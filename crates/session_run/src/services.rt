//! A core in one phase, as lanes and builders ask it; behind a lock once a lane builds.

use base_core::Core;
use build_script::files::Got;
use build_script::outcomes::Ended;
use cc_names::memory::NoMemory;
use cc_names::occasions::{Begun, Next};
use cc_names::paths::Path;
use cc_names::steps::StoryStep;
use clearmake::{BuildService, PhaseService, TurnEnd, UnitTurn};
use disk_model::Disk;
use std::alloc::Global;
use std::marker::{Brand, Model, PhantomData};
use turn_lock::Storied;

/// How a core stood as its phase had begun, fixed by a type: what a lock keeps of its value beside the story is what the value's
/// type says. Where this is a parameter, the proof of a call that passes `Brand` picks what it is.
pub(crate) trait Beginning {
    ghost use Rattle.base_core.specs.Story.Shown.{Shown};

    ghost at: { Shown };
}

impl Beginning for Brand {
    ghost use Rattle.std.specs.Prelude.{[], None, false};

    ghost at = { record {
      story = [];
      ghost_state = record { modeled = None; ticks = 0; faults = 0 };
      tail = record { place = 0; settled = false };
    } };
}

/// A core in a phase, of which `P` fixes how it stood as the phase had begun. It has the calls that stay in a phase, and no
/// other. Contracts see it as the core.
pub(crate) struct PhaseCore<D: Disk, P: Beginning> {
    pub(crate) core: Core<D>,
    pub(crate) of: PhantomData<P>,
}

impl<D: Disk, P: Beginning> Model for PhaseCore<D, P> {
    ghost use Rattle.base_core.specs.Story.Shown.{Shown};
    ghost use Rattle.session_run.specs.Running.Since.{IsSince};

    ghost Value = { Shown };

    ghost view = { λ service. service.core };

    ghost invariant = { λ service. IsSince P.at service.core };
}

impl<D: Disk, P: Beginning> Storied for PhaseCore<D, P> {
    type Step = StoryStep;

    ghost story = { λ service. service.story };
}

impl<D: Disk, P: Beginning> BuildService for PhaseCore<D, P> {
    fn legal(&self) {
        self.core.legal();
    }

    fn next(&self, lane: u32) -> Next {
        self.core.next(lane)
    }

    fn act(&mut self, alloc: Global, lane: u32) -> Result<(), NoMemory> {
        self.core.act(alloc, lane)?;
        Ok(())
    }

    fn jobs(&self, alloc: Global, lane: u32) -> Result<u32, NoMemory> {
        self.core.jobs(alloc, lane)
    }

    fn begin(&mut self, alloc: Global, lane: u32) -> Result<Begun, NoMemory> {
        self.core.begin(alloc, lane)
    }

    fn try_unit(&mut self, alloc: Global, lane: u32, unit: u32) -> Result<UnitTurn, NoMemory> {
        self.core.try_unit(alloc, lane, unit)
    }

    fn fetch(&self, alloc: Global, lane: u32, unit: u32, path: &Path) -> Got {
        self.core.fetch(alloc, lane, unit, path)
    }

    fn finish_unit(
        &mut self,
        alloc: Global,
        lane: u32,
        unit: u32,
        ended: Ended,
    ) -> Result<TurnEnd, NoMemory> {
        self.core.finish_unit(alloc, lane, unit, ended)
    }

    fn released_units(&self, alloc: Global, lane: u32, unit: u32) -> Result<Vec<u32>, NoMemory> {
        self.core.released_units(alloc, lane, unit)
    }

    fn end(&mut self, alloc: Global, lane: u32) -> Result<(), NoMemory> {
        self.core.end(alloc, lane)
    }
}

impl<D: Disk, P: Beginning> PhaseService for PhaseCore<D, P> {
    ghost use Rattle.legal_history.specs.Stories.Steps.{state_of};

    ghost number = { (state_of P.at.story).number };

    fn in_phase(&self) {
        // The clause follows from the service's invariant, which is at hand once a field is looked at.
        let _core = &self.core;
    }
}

········

§ **PROBLEM STATEMENT**
Write out every line of the material exactly as it appears.

§ **EXERCISE ANSWER**
filename crates/session_run/src/services.rt
//! A core in one phase, as lanes and builders ask it; behind a lock once a lane builds.

use base_core::Core;
use build_script::files::Got;
use build_script::outcomes::Ended;
use cc_names::memory::NoMemory;
use cc_names::occasions::{Begun, Next};
use cc_names::paths::Path;
use cc_names::steps::StoryStep;
use clearmake::{BuildService, PhaseService, TurnEnd, UnitTurn};
use disk_model::Disk;
use std::alloc::Global;
use std::marker::{Brand, Model, PhantomData};
use turn_lock::Storied;

/// How a core stood as its phase had begun, fixed by a type: what a lock keeps of its value beside the story is what the value's
/// type says. Where this is a parameter, the proof of a call that passes `Brand` picks what it is.
pub(crate) trait Beginning {
    ghost use Rattle.base_core.specs.Story.Shown.{Shown};

    ghost at: { Shown };
}

impl Beginning for Brand {
    ghost use Rattle.std.specs.Prelude.{[], None, false};

    ghost at = { record {
      story = [];
      ghost_state = record { modeled = None; ticks = 0; faults = 0 };
      tail = record { place = 0; settled = false };
    } };
}

/// A core in a phase, of which `P` fixes how it stood as the phase had begun. It has the calls that stay in a phase, and no
/// other. Contracts see it as the core.
pub(crate) struct PhaseCore<D: Disk, P: Beginning> {
    pub(crate) core: Core<D>,
    pub(crate) of: PhantomData<P>,
}

impl<D: Disk, P: Beginning> Model for PhaseCore<D, P> {
    ghost use Rattle.base_core.specs.Story.Shown.{Shown};
    ghost use Rattle.session_run.specs.Running.Since.{IsSince};

    ghost Value = { Shown };

    ghost view = { λ service. service.core };

    ghost invariant = { λ service. IsSince P.at service.core };
}

impl<D: Disk, P: Beginning> Storied for PhaseCore<D, P> {
    type Step = StoryStep;

    ghost story = { λ service. service.story };
}

impl<D: Disk, P: Beginning> BuildService for PhaseCore<D, P> {
    fn legal(&self) {
        self.core.legal();
    }

    fn next(&self, lane: u32) -> Next {
        self.core.next(lane)
    }

    fn act(&mut self, alloc: Global, lane: u32) -> Result<(), NoMemory> {
        self.core.act(alloc, lane)?;
        Ok(())
    }

    fn jobs(&self, alloc: Global, lane: u32) -> Result<u32, NoMemory> {
        self.core.jobs(alloc, lane)
    }

    fn begin(&mut self, alloc: Global, lane: u32) -> Result<Begun, NoMemory> {
        self.core.begin(alloc, lane)
    }

    fn try_unit(&mut self, alloc: Global, lane: u32, unit: u32) -> Result<UnitTurn, NoMemory> {
        self.core.try_unit(alloc, lane, unit)
    }

    fn fetch(&self, alloc: Global, lane: u32, unit: u32, path: &Path) -> Got {
        self.core.fetch(alloc, lane, unit, path)
    }

    fn finish_unit(
        &mut self,
        alloc: Global,
        lane: u32,
        unit: u32,
        ended: Ended,
    ) -> Result<TurnEnd, NoMemory> {
        self.core.finish_unit(alloc, lane, unit, ended)
    }

    fn released_units(&self, alloc: Global, lane: u32, unit: u32) -> Result<Vec<u32>, NoMemory> {
        self.core.released_units(alloc, lane, unit)
    }

    fn end(&mut self, alloc: Global, lane: u32) -> Result<(), NoMemory> {
        self.core.end(alloc, lane)
    }
}

impl<D: Disk, P: Beginning> PhaseService for PhaseCore<D, P> {
    ghost use Rattle.legal_history.specs.Stories.Steps.{state_of};

    ghost number = { (state_of P.at.story).number };

    fn in_phase(&self) {
        // The clause follows from the service's invariant, which is at hand once a field is looked at.
        let _core = &self.core;
    }
}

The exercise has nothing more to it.